Items from a dataset:
▬▬▬
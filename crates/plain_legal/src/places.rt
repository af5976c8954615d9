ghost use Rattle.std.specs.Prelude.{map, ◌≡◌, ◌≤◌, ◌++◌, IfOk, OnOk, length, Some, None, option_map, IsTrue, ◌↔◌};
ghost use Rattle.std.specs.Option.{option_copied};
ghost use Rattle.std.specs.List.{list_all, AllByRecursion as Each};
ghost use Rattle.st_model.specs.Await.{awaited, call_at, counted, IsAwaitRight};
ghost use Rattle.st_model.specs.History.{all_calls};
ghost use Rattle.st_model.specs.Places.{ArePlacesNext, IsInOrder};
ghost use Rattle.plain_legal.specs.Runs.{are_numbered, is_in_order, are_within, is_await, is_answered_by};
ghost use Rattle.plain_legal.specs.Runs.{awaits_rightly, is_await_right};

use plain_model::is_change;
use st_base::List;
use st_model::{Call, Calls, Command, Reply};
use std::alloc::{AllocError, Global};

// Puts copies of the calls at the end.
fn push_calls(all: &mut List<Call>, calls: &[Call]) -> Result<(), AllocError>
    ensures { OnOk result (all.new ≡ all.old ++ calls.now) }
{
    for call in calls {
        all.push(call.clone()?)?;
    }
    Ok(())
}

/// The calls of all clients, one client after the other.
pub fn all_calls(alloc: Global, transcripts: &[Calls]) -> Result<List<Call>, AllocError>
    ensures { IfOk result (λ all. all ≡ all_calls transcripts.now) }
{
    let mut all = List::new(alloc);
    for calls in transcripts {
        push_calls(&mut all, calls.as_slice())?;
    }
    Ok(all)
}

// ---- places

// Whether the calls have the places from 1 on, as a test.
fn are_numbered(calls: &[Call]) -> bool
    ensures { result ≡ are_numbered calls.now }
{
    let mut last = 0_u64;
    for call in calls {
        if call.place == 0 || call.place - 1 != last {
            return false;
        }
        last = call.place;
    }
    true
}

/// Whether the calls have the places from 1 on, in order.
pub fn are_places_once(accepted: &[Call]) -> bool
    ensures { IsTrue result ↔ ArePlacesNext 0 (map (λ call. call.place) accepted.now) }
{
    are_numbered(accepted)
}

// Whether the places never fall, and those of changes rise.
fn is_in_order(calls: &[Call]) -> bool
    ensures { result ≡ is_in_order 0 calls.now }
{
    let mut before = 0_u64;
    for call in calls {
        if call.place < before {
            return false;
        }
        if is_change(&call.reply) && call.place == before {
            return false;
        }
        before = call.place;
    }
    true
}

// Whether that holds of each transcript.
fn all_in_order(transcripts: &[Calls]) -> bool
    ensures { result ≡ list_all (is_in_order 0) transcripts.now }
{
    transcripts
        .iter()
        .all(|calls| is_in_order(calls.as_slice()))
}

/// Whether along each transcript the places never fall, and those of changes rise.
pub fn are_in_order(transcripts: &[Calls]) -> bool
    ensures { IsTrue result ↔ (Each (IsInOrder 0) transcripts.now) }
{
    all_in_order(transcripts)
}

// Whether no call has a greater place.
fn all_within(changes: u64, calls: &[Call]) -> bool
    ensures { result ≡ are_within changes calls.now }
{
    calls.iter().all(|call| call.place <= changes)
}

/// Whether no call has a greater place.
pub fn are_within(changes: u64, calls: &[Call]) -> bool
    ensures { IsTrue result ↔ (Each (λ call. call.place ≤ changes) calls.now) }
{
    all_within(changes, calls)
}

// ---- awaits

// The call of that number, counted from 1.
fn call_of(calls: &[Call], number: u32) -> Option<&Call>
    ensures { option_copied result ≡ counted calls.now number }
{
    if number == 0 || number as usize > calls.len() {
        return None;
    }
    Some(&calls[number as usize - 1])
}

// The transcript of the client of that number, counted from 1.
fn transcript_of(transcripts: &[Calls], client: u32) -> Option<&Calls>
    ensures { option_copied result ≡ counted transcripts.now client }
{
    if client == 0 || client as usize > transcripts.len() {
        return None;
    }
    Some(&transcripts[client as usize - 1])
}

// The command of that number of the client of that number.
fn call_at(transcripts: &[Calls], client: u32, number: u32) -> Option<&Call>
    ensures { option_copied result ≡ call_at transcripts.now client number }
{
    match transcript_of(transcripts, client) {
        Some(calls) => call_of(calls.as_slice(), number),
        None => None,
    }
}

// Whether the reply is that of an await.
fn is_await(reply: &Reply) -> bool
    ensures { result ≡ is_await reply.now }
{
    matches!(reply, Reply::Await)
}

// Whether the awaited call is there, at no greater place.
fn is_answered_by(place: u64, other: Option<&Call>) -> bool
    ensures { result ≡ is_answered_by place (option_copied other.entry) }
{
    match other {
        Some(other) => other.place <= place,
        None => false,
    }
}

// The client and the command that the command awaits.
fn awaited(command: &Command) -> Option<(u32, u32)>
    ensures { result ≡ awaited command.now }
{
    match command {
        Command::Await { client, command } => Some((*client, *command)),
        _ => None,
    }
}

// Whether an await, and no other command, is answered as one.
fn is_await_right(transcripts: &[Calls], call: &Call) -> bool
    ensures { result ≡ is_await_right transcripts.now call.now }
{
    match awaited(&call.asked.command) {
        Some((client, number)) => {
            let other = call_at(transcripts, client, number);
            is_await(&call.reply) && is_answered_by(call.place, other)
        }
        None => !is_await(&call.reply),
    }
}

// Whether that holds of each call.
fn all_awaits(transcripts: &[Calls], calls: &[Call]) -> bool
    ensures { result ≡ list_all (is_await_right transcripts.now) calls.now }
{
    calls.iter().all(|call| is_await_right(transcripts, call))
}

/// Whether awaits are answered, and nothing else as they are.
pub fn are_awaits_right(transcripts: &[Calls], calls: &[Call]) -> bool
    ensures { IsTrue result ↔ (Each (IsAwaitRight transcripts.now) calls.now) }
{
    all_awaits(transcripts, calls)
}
▬▬▬
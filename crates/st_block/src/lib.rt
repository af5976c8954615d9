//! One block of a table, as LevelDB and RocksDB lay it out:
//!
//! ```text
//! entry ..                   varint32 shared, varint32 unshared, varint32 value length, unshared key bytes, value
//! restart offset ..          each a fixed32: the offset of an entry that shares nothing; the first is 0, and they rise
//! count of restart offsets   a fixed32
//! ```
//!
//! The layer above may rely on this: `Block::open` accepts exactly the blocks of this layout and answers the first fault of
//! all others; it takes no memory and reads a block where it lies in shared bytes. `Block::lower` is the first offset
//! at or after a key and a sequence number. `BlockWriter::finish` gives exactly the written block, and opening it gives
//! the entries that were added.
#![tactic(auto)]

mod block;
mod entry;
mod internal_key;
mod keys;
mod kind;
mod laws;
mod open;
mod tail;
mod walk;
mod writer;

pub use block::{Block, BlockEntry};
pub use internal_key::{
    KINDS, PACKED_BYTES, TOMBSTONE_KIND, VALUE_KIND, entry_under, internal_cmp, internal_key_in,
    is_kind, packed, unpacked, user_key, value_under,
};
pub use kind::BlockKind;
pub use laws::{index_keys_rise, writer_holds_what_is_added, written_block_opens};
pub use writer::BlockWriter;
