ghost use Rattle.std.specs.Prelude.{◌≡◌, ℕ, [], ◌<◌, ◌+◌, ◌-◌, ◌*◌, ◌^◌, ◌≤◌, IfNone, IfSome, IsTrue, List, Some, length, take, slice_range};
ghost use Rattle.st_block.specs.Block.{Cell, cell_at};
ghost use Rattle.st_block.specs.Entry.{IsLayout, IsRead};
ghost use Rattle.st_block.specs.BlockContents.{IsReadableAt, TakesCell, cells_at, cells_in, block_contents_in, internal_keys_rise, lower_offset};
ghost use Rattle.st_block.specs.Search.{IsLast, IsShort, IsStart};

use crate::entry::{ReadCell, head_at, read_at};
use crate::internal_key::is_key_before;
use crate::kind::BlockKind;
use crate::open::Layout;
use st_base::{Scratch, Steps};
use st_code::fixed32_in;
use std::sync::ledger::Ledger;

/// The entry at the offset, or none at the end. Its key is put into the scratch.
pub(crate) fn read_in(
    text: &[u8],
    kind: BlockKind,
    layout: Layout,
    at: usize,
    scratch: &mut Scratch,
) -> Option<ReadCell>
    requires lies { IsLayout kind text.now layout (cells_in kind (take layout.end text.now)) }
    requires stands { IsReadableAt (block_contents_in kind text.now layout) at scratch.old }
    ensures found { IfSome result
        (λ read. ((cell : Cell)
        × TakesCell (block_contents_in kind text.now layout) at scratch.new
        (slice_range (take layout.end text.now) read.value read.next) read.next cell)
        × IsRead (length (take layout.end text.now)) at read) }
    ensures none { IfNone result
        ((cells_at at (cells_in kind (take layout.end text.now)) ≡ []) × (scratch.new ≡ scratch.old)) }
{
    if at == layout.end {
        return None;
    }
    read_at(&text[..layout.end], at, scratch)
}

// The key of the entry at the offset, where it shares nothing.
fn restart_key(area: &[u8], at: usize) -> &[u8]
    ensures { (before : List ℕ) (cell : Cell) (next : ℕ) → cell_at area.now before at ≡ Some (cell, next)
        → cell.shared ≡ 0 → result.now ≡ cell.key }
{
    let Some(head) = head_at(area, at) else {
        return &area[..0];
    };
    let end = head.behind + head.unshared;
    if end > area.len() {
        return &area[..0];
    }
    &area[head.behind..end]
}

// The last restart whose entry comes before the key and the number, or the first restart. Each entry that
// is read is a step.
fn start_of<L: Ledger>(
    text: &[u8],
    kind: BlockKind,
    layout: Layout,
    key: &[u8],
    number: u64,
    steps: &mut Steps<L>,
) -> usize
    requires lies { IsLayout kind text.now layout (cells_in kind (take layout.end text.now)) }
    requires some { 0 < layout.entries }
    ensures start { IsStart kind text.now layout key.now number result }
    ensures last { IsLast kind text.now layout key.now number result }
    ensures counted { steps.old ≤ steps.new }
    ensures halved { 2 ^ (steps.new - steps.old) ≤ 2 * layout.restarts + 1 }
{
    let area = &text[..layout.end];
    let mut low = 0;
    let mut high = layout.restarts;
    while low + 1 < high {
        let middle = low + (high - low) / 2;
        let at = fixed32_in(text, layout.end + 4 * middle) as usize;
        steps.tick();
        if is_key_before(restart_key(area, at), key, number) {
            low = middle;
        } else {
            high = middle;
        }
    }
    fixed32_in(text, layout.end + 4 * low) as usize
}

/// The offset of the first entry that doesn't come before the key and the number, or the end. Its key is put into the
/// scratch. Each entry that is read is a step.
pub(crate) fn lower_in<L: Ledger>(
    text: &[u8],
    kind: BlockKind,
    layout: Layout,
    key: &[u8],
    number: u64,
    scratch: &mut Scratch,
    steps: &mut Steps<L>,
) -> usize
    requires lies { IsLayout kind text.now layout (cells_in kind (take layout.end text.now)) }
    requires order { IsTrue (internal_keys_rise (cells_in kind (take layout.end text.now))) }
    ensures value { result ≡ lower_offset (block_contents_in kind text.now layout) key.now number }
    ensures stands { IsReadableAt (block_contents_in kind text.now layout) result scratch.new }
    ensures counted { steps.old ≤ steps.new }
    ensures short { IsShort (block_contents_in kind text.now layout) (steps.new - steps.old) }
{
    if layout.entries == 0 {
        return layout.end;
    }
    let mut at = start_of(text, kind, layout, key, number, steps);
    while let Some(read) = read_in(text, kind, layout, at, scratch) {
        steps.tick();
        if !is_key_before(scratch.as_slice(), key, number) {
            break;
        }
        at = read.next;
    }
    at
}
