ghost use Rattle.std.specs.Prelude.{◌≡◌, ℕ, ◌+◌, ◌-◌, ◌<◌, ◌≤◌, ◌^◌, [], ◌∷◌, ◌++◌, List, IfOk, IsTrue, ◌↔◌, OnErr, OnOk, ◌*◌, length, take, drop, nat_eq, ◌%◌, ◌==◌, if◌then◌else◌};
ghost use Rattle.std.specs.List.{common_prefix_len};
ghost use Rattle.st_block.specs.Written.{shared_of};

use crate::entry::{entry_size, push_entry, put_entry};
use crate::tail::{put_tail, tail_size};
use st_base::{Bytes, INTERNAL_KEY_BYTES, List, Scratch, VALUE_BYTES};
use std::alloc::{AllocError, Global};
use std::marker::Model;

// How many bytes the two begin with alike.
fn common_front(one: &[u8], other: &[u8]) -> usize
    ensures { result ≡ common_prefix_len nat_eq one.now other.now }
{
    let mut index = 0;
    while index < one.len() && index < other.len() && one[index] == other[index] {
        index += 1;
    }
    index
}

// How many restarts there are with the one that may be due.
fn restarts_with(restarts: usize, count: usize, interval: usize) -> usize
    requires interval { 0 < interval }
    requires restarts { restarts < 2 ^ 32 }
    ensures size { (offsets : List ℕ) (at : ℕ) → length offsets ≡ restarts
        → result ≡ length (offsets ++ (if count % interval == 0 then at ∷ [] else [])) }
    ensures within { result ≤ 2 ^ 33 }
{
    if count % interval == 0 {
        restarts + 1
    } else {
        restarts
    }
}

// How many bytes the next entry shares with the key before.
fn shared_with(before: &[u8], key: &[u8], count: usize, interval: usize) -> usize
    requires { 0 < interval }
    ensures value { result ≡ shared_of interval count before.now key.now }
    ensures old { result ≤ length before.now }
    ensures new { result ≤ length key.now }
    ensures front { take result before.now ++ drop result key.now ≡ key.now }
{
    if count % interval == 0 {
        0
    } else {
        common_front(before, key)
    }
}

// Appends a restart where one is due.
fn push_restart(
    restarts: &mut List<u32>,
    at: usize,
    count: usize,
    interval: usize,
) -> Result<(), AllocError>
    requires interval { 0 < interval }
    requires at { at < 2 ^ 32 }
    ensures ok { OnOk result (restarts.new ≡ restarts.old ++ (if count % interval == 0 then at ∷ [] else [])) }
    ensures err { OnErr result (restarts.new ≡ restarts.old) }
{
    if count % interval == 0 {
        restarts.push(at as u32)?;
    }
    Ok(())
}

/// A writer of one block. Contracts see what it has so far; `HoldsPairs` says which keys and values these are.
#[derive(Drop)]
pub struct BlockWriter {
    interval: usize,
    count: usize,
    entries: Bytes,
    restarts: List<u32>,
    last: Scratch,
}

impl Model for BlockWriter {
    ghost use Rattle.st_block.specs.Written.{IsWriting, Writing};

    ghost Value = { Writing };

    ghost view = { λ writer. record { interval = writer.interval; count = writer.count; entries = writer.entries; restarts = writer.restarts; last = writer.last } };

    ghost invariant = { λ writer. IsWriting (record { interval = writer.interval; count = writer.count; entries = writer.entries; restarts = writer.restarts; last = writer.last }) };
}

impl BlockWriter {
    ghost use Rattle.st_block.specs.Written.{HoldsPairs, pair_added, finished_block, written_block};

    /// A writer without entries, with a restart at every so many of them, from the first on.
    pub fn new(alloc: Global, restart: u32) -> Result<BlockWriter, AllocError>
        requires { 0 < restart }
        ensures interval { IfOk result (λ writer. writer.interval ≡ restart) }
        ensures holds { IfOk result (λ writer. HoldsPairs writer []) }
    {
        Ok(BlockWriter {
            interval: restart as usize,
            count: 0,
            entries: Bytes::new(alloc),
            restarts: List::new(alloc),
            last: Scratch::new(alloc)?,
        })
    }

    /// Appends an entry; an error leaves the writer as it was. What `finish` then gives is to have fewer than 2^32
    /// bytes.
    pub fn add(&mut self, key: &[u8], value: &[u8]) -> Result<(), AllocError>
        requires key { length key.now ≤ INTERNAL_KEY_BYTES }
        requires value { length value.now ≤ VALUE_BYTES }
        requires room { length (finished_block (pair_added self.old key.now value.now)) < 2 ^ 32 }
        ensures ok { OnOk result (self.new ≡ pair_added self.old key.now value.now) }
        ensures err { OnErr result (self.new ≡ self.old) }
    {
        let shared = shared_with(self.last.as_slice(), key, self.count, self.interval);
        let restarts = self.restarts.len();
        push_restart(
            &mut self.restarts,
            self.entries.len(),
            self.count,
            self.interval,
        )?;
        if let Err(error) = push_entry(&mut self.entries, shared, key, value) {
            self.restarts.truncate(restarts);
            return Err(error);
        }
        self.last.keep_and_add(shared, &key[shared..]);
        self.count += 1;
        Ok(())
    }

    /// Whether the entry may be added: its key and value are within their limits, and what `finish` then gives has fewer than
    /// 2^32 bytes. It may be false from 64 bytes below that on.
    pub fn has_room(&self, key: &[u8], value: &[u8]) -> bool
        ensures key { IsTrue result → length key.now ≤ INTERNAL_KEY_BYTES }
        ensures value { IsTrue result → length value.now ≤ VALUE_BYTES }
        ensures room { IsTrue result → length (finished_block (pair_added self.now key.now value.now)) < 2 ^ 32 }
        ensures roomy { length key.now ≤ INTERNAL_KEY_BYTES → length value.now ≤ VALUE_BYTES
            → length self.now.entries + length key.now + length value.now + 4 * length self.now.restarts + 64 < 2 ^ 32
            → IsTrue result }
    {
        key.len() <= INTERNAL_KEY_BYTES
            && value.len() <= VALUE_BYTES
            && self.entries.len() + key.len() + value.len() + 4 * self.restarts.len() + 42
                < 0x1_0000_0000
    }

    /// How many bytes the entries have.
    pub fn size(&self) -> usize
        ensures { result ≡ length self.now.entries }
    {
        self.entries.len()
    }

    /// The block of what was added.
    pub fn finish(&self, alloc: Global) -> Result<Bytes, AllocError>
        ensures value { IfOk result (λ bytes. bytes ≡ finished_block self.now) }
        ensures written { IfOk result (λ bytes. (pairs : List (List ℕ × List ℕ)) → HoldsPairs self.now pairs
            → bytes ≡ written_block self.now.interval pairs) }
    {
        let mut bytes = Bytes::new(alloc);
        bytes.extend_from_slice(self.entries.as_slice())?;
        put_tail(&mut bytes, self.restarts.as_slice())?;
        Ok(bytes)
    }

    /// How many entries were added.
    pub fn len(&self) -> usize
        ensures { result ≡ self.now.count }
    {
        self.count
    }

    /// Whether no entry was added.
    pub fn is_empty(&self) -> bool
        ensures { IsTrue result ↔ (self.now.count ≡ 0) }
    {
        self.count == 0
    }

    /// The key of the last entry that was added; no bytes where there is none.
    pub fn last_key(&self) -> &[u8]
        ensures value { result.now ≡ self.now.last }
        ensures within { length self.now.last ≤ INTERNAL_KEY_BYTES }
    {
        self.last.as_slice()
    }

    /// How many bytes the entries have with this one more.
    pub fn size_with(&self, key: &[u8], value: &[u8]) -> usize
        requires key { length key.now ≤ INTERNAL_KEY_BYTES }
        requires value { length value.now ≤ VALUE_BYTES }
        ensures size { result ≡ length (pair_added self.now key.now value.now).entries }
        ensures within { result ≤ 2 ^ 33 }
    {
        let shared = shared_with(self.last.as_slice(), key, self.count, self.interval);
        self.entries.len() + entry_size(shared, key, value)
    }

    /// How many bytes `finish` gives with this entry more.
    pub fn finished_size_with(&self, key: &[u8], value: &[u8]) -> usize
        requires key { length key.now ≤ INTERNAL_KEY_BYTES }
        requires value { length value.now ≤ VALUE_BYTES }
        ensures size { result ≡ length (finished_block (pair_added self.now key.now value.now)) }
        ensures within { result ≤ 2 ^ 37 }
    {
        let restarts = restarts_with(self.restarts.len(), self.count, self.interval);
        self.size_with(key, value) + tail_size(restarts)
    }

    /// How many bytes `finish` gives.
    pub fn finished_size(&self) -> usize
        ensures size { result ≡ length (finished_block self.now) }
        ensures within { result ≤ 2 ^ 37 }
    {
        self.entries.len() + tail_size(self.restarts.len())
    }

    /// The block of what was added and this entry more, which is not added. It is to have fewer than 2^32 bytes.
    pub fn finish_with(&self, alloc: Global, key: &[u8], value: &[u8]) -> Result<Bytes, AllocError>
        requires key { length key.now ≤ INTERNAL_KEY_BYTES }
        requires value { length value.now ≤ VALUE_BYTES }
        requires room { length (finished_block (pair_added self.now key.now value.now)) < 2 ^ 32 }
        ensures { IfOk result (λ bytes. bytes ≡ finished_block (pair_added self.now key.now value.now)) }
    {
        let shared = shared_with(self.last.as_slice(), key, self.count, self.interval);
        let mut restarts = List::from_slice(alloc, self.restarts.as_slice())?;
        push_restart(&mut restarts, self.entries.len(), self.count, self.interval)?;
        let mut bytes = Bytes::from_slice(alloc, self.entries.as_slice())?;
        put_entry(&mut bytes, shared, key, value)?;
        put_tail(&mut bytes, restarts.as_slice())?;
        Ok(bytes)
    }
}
▬▬▬
-- PROBLEM DETAILS --
Copy out every line from the data above in which the word "while" occurs.

-- COMPLETED TASK --
    while low + 1 < high {
    while let Some(read) = read_in(text, kind, layout, at, scratch) {
    while index < one.len() && index < other.len() && one[index] == other[index] {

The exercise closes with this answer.